(Stored data entries)
········

//! The first character of a text, and runs of characters of one class.

ghost use Rattle.std.specs.Prelude.{◌≡◌, ◌<◌, IfSome, IsCharBoundary, IsFalse, chars, drop, false};
ghost use Rattle.std.specs.Prelude.{length, option_map, slice_index};
ghost use Rattle.rust_tokens.specs.Bytes.{is_ascii_in};
ghost use Rattle.rust_tokens.specs.Classes.{passes};
ghost use Rattle.rust_tokens.specs.Runs.{rest_after, count, first_passes, is_digit_part, is_hash};
ghost use Rattle.rust_tokens.specs.Runs.{is_hex_part, is_id_start, is_punct, is_space};
ghost use Rattle.rust_tokens.specs.Characters.{is_char_content};
ghost use Rattle.rust_tokens.specs.Texts.{split_first, strip};

use crate::bytes::{is_space_byte, is_start_byte, is_word_byte};

/// A class of characters.
#[derive(Clone, Copy)]
pub enum Class {
    /// White space.
    Space,
    /// Characters that continue a word: `XID_Continue`.
    Continue,
    /// `#`
    Hash,
    /// All characters but apostrophes and LF.
    Escape,
    /// `'`
    Apostrophe,
    /// ASCII digits.
    Digit,
    /// ASCII digits and `_`.
    DigitPart,
    /// Hexadecimal digits and `_`.
    HexPart,
    /// `_`
    Underscore,
    /// `/`
    Slash,
    /// `*` and `/`
    StarOrSlash,
    /// Characters that may not stand after the point of a number: a point, and the first characters
    /// of words.
    PointOrStart,
}

impl Class {
    ghost use Rattle.rust_tokens.specs.Bytes.{is_ascii_in};
    ghost use Rattle.rust_tokens.specs.Classes.{passes};

    /// Returns whether the character is in the class.
    pub fn passes(self, c: char) -> bool
        ensures { result ≡ passes self c }
    {
        match self {
            Class::Space => is_space(c),
            Class::Continue => unicode_ident::is_xid_continue(c),
            Class::Hash => c == '#',
            Class::Escape => c != '\'' && c != '\n',
            Class::Apostrophe => c == '\'',
            Class::Digit => c.is_ascii_digit(),
            Class::DigitPart => c == '_' || c.is_ascii_digit(),
            Class::HexPart => c == '_' || c.is_ascii_hexdigit(),
            Class::Underscore => c == '_',
            Class::Slash => c == '/',
            Class::StarOrSlash => c == '*' || c == '/',
            Class::PointOrStart => c == '.' || is_id_start(c),
        }
    }

    /// Returns whether the byte is an ASCII character in the class.
    #[inline(always)]
    fn passes_byte(self, byte: u8) -> bool
        ensures { result ≡ is_ascii_in (passes self) byte }
    {
        match self {
            Class::Space => is_space_byte(byte),
            Class::Continue => is_word_byte(byte),
            _ => byte < 128 && self.passes(byte as char),
        }
    }
}

/// Returns whether the character is white space.
pub fn is_space(c: char) -> bool
    ensures { result ≡ is_space c }
{
    c == '\t'
        || c == '\n'
        || c == '\u{b}'
        || c == '\u{c}'
        || c == '\r'
        || c == ' '
        || c == '\u{85}'
        || c == '\u{200e}'
        || c == '\u{200f}'
        || c == '\u{2028}'
        || c == '\u{2029}'
}

/// Returns whether the character begins a word.
pub fn is_id_start(c: char) -> bool
    ensures { result ≡ is_id_start c }
{
    if c < '\u{80}' {
        return is_start_byte(c as u8);
    }
    unicode_ident::is_xid_start(c)
}

/// Returns whether the character is punctuation or a delimiter.
pub fn is_punct(c: char) -> bool
    ensures { result ≡ is_punct c }
{
    c == '!'
        || (c >= '#' && c <= '&')
        || (c >= '(' && c <= '/')
        || (c >= ':' && c <= '@')
        || c == '['
        || (c >= ']' && c <= '^')
        || (c >= '{' && c <= '~')
}

/// Returns whether the character stands for itself between two apostrophes.
pub fn is_char_content(c: char) -> bool
    ensures { result ≡ is_char_content c }
{
    !(c == '\'' || c == '\\' || c == '\n' || c == '\r' || c == '\t')
}

/// Returns the first character and the rest, or `None` if the text is empty.
pub fn split_first(text: &str) -> Option<(char, &str)>
    ensures value { option_map (λ x. (x.0, chars x.1.now)) result ≡ split_first (chars text.now) }
    ensures shorter { IfSome result (λ x. length x.1.now < length text.now) }
{
    let mut rest = text.chars();
    match rest.next() {
        Some(first) => Some((first, rest.as_str())),
        None => None,
    }
}

/// Returns the rest after the character, or `None` if the text does not begin with it.
pub fn strip(text: &str, first: char) -> Option<&str>
    ensures { option_map (λ r. chars r.now) result ≡ strip first (chars text.now) }
{
    let Some((c, rest)) = split_first(text) else {
        return None;
    };
    if c == first { Some(rest) } else { None }
}

/// Returns whether the text begins with a character of the class.
pub fn begins(text: &str, class: Class) -> bool
    ensures { result ≡ first_passes (passes class) (chars text.now) }
{
    match split_first(text) {
        Some((c, _)) => class.passes(c),
        None => false,
    }
}

/// Returns the rest after the longest front of the text whose characters are in the class, which
/// need not be ASCII.
#[inline(always)]
fn after_wide_run(text: &str, class: Class) -> &str
    ensures { chars result.now ≡ rest_after (passes class) (chars text.now) }
{
    let mut rest = text;
    while let Some((c, more)) = split_first(rest) {
        if !class.passes(c) {
            return rest;
        }
        rest = more;
    }
    rest
}

/// Returns the number of ASCII characters in the class with which the text begins.
#[inline(always)]
fn ascii_width(text: &str, class: Class) -> usize
    ensures at { IsCharBoundary text.now result }
    ensures same { rest_after (passes class) (chars (drop result text.now))
        ≡ rest_after (passes class) (chars text.now) }
    ensures next { result < length text.now
        → is_ascii_in (passes class) (slice_index text.now result) ≡ false }
{
    let bytes = text.as_bytes();
    for i in 0..bytes.len() {
        if !class.passes_byte(bytes[i]) {
            return i;
        }
    }
    bytes.len()
}

/// Returns whether there is a byte at the index `at` that is not ASCII.
#[inline(always)]
fn is_wide(bytes: &[u8], at: usize) -> bool
    ensures { IsFalse result → at < length bytes.now → slice_index bytes.now at < 128 }
{
    at < bytes.len() && bytes[at] >= 128
}

/// Returns the rest after the longest front of the text whose characters are in the class, or
/// `None` if a character that is not ASCII comes in it or after it.
#[inline(always)]
pub fn after_ascii_run(text: &str, class: Class) -> Option<&str>
    ensures { IfSome result (λ r. chars r.now ≡ rest_after (passes class) (chars text.now)) }
{
    let width = ascii_width(text, class);
    if is_wide(text.as_bytes(), width) {
        return None;
    }
    Some(&text[width..])
}

/// Returns the rest after the longest front of the text whose characters are in the class.
#[inline(always)]
pub fn after_run(text: &str, class: Class) -> &str
    ensures { chars result.now ≡ rest_after (passes class) (chars text.now) }
{
    match after_ascii_run(text, class) {
        Some(rest) => rest,
        None => after_wide_run(text, class),
    }
}

/// Returns the number of hashes at the start of the text.
pub fn count_hashes(text: &str) -> usize
    ensures { result ≡ count is_hash (chars text.now) }
{
    let mut rest = text;
    let mut hashes: usize = 0;
    while let Some((c, more)) = split_first(rest) {
        if c != '#' {
            return hashes;
        }
        hashes += 1;
        rest = more;
    }
    hashes
}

········

Task requirements —
All that should appear in the response is the run of lines from the first line of the entries through the line containing "Class::Hash => c", copied exactly.

Exercise answer —
//! The first character of a text, and runs of characters of one class.

ghost use Rattle.std.specs.Prelude.{◌≡◌, ◌<◌, IfSome, IsCharBoundary, IsFalse, chars, drop, false};
ghost use Rattle.std.specs.Prelude.{length, option_map, slice_index};
ghost use Rattle.rust_tokens.specs.Bytes.{is_ascii_in};
ghost use Rattle.rust_tokens.specs.Classes.{passes};
ghost use Rattle.rust_tokens.specs.Runs.{rest_after, count, first_passes, is_digit_part, is_hash};
ghost use Rattle.rust_tokens.specs.Runs.{is_hex_part, is_id_start, is_punct, is_space};
ghost use Rattle.rust_tokens.specs.Characters.{is_char_content};
ghost use Rattle.rust_tokens.specs.Texts.{split_first, strip};

use crate::bytes::{is_space_byte, is_start_byte, is_word_byte};

/// A class of characters.
#[derive(Clone, Copy)]
pub enum Class {
    /// White space.
    Space,
    /// Characters that continue a word: `XID_Continue`.
    Continue,
    /// `#`
    Hash,
    /// All characters but apostrophes and LF.
    Escape,
    /// `'`
    Apostrophe,
    /// ASCII digits.
    Digit,
    /// ASCII digits and `_`.
    DigitPart,
    /// Hexadecimal digits and `_`.
    HexPart,
    /// `_`
    Underscore,
    /// `/`
    Slash,
    /// `*` and `/`
    StarOrSlash,
    /// Characters that may not stand after the point of a number: a point, and the first characters
    /// of words.
    PointOrStart,
}

impl Class {
    ghost use Rattle.rust_tokens.specs.Bytes.{is_ascii_in};
    ghost use Rattle.rust_tokens.specs.Classes.{passes};

    /// Returns whether the character is in the class.
    pub fn passes(self, c: char) -> bool
        ensures { result ≡ passes self c }
    {
        match self {
            Class::Space => is_space(c),
            Class::Continue => unicode_ident::is_xid_continue(c),
            Class::Hash => c == '#',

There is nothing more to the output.